Seminario
Interdipartimentale di Algoritmica
Monday, March 27, 2006, 12:00 noon
Derandomization: New Results and Applications
Emanuele Viola, Harvard University
DI - Department
of Computer Science
Seminar Room, third floor
Abstract:
Randomness
has proven to be a valuable resource throughout computer science. In
particular, there are several fundamental computational problems that
we know how to solve efficiently only when we have a source of
randomness at our disposal. But to what extent is randomness really
necessary for efficient computation?
In this talk we survey some of our results in derandomization, which is
the field that studies the possibility and implications of simulating
randomized computation deterministically.

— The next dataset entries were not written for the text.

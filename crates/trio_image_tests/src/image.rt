//! Images from files and back.

ghost use Rattle.std.specs.Prelude.{None, false};

use std::alloc::Global;
use trio_image::{Counts, Image, LoadFault, SaveFault, load};
use trio_io::{Failed, FailingCalls, Files, MemFiles, SureFiles};
use trio_names::Path;
use trio_page::NoMemory;
use trio_rights::Kind;
use trio_samples::files::{root, three_files};
use trio_samples::{Sample, link, regular};

// An image with an empty root: page 1 has the rows, page 2 the owners, and the core begins at page 3.
fn image_bytes(alloc: Global) -> Option<Vec<u8>> {
    Sample::small(alloc, &[root()]).ok()?.bytes(alloc).ok()
}

// A name that the files of a test serve.
const NAME: &str = "a.img";

fn names(alloc: Global) -> Result<Vec<String>, NoMemory> {
    Ok(vec![in alloc; String::from_str(alloc, NAME)?]?)
}

// What loading a file of these bytes answers.
fn load_bytes(alloc: Global, bytes: &[u8]) -> Option<Result<Image, LoadFault>> {
    let mut files = SureFiles::new(alloc, names(alloc).ok()?).ok()?;
    files.hold(NAME, bytes.to_vec(alloc).ok()?);
    if !files.serves(NAME) {
        return None;
    }
    Some(load(alloc, &mut files, NAME))
}

fn image_of(alloc: Global, bytes: &[u8]) -> Option<Image> {
    load_bytes(alloc, bytes)?.ok()
}

fn has_sizes(image: &Image) -> bool {
    let superblock = image.superblock();
    let sizes = (superblock.pages, superblock.inodes);
    let places = (superblock.first_owner, superblock.first_core);
    sizes == (32, 64) && places == (2, 3)
}

const COUNTS: Counts = Counts {
    inodes: 1,
    pages: 0,
    free: 29,
};

fn is_told_as_read(alloc: Global) -> Option<bool> {
    let bytes = image_bytes(alloc)?;
    let image = image_of(alloc, &bytes)?;
    Some(image.into_bytes(alloc).ok()?.as_slice() == bytes.as_slice())
}

fn is_taken_apart(alloc: Global) -> Option<bool> {
    let image = image_of(alloc, &image_bytes(alloc)?)?;
    let is_read = has_sizes(&image) && image.counts() == COUNTS;
    let parts = image.into_parts();
    Some(is_read && parts.home.len() == 32 && has_sizes(&Image::of(parts)))
}

#[test]
fn an_image_is_read_and_told(rt: HostRuntime) {
    assert!(rt; is_told_as_read(rt.alloc()) == Some(true));
    assert!(rt; is_taken_apart(rt.alloc()) == Some(true));
}

// an owner of a page that no file uses, a size without a block, a magic that is none, and other
// versions
const OWNER: (usize, u8) = (8204, 2);

const SIZE: (usize, u8) = (56, 1);

const MAGIC: (usize, u8) = (0, b'B');

const VERSION_1: (usize, u8) = (8, 1);

const VERSION_3: (usize, u8) = (8, 3);

// How many bytes there are, zeros behind the image's own, which of them are others, and why they are
// no image.
const LOADS: &[(usize, &[(usize, u8)], Option<LoadFault>)] = &[
    (131_072, &[], None),
    (0, &[], Some(LoadFault::Length(0))),
    (131_071, &[], Some(LoadFault::Length(131_071))),
    (131_073, &[], Some(LoadFault::Length(131_073))),
    (4095, &[], Some(LoadFault::Length(4095))),
    (4096, &[], Some(LoadFault::Length(4096))),
    (
        131_072,
        &[OWNER],
        Some(LoadFault::Fails {
            rule: 5,
            ino: 0,
            page: 3,
            slot: 0,
        }),
    ),
    (
        131_072,
        &[OWNER, SIZE],
        Some(LoadFault::Fails {
            rule: 1,
            ino: 1,
            page: 0,
            slot: 0,
        }),
    ),
    (131_072, &[MAGIC], Some(LoadFault::BadSuper)),
    (131_071, &[MAGIC], Some(LoadFault::BadSuper)),
    (4095, &[MAGIC], Some(LoadFault::Length(4095))),
    (131_072, &[VERSION_1], Some(LoadFault::OldVersion)),
    (131_071, &[VERSION_1], Some(LoadFault::OldVersion)),
    (4095, &[VERSION_1], Some(LoadFault::Length(4095))),
    (131_072, &[VERSION_1, OWNER], Some(LoadFault::OldVersion)),
    (131_072, &[VERSION_3], Some(LoadFault::BadSuper)),
    (131_072, &[VERSION_1, MAGIC], Some(LoadFault::BadSuper)),
];

fn fault(alloc: Global, count: usize, edits: &[(usize, u8)]) -> Option<Option<LoadFault>> {
    let mut bytes = image_bytes(alloc)?;
    bytes.resize(count, 0).ok()?;
    for (at, byte) in edits {
        if let Some(place) = bytes.get_mut(*at) {
            *place = *byte;
        }
    }
    Some(load_bytes(alloc, &bytes)?.err())
}

#[test]
fn other_bytes_are_refused(rt: HostRuntime) {
    for (i, (count, edits, wanted)) in LOADS.iter().enumerate() {
        assert!(rt;
            fault(rt.alloc(), *count, edits) == Some(*wanted),
            "row {i}"
        );
    }
}

// The file `/a/f` of inode number 3 has its bytes, and its directory names it.
fn nodes_are_told(alloc: Global) -> Option<bool> {
    let bytes = Sample::small(alloc, &three_files())
        .ok()?
        .bytes(alloc)
        .ok()?;
    let nodes = image_of(alloc, &bytes)?.nodes(alloc).ok()?;
    let is_found = nodes.find(&Path::read(alloc, b"/a/f").ok()?) == Some(3);
    let is_read = nodes.get(3)?.bytes.as_slice() == b"hello".as_slice();
    let names = nodes.names(2).ok()?;
    let (name, kind) = names.first()?;
    let is_named = name.as_bytes() == b"f".as_slice() && *kind == Kind::Regular;
    Some(is_found && is_read && is_named && names.len() == 1)
}

// A link has its text, and a guarded file says so.
fn links_are_told(alloc: Global) -> Option<bool> {
    let files = [
        root(),
        link(2, 1, b"l", b"/a/f"),
        regular(3, 1, b"g", b"hello").guarded(),
    ];
    let bytes = Sample::small(alloc, &files).ok()?.bytes(alloc).ok()?;
    let mut image = image_of(alloc, &bytes)?;
    let nodes = image.nodes(alloc).ok()?;
    let (text, guarded) = (nodes.get(2)?, nodes.get(3)?);
    let is_link = text.kind == Kind::Link && text.bytes.as_slice() == b"/a/f".as_slice();
    let notes = image.notes(alloc).ok()?;
    let is_noted = match (notes.get(2)?, notes.get(3)?) {
        (Some(text), Some(guarded)) => !text.guard && guarded.guard && text.size == 4,
        _ => false,
    };
    Some(is_link && is_noted && !text.guard && guarded.guard)
}

#[test]
fn files_are_nodes(rt: HostRuntime) {
    assert!(rt; nodes_are_told(rt.alloc()) == Some(true));
    assert!(rt; links_are_told(rt.alloc()) == Some(true));
}

// Files in memory, of which this call fails.
fn mem_files(alloc: Global, failing: u64) -> Result<MemFiles, NoMemory> {
    let plan = FailingCalls::new(vec![in alloc; failing; 1]?);
    MemFiles::new(alloc, names(alloc)?, plan)
}

// What loading an image whose file fails at this call answers, and how often a read has failed.
fn load_failing(alloc: Global, failing: u64) -> Option<(Option<LoadFault>, u64)> {
    let mut files = mem_files(alloc, failing).ok()?;
    files.hold(NAME, image_bytes(alloc)?);
    if !files.serves(NAME) {
        return None;
    }
    let loaded = load(alloc, &mut files, NAME);
    Some((loaded.err(), files.read_faults(NAME)))
}

// There are 33 reads: one a page, and one that meets the end.
#[test]
fn reads_fail(rt: HostRuntime) {
    for failing in [1, 2, 33] {
        assert!(rt;
            load_failing(rt.alloc(), failing) == Some((Some(LoadFault::ReadFault), 1)),
            "call {failing}"
        );
    }
    assert!(rt; load_failing(rt.alloc(), 34) == Some((None, 0)));
}

// What saving an image over other bytes answers where this call fails, and whether the image's bytes
// stand there then.
fn save_failing(alloc: Global, failing: u64) -> Option<(Option<SaveFault>, bool)> {
    let bytes = image_bytes(alloc)?;
    let image = image_of(alloc, &bytes)?;
    let mut files = mem_files(alloc, failing).ok()?;
    files.hold(NAME, b"other".to_vec(alloc).ok()?);
    if !files.serves(NAME) {
        return None;
    }
    let saved = image.save(alloc, &mut files, NAME);
    let is_there = files.content(NAME)? == bytes.as_slice();
    Some((saved.err(), is_there))
}

#[test]
fn an_image_is_saved(rt: HostRuntime) {
    assert!(rt; save_failing(rt.alloc(), 2) == Some((None, true)));
    assert!(rt; save_failing(rt.alloc(), 1) == Some((Some(SaveFault::WriteFault), false)));
}

// Files that give 1000 bytes at most at a call. They tell no content.
#[derive(Drop)]
struct SlowFiles {
    files: SureFiles,
}

impl Files for SlowFiles {
    ghost seen = { λ s. record {
      served = (⟦<SureFiles as Files>⟧.seen s.files).served;
      tells = false;
      held = λ _. None;
      read_faults = λ _. 0;
      write_faults = λ _. 0;
    } };

    fn read_at(&mut self, name: &str, at: u64, buf: &mut [u8]) -> Result<usize, Failed> {
        let most = buf.len().min(1000);
        self.files.read_at(name, at, &mut buf[..most])
    }

    fn replace(&mut self, name: &str, bytes: &[u8]) -> Result<(), Failed> {
        self.files.replace(name, bytes)
    }
}

fn loads_slowly(alloc: Global) -> Option<bool> {
    let bytes = image_bytes(alloc)?;
    let mut files = SureFiles::new(alloc, names(alloc).ok()?).ok()?;
    files.hold(NAME, bytes.to_vec(alloc).ok()?);
    if !files.serves(NAME) {
        return None;
    }
    let image = load(alloc, &mut SlowFiles { files }, NAME).ok()?;
    Some(image.into_bytes(alloc).ok()?.as_slice() == bytes.as_slice())
}

#[test]
fn short_reads_go_on(rt: HostRuntime) {
    assert!(rt; loads_slowly(rt.alloc()) == Some(true));
}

First, we address the derandomization of restricted computational
models, focusing on constant-depth circuits. We develop a new
application of the derandomization of constant-depth circuits to the
study of the average-case complexity of NP. In particular, we show how
to take any function in NP that is `mildly' hard on average and
transform it into one that is `extremely' hard on average. We also
obtain a new sub-exponential time derandomization of constant-depth
circuits with few majority gates. This is currently the richest
randomized circuit class that researchers can simulate in
sub-exponential time.
We then discuss the derandomization of general computational models.
For general models, the only non-trivial derandomization known is the
'83 result that probabilistic polynomial time (BPP) can be simulated in
the second level of the polynomial-time hierarchy. Perhaps
surprisingly, in more than two decades no work has addressed the
running time of this simulation. In a recent work, we prove that a
quadratic slow-down in running time is inherent in this simulation (for
relativizing techniques). However, as our results show, this quadratic slow-down disappears at the third level of the
polynomial-time hierarchy, and a quasilinear-time simulation becomes
possible.
No previous knowledge of complexity theory is required for this talk.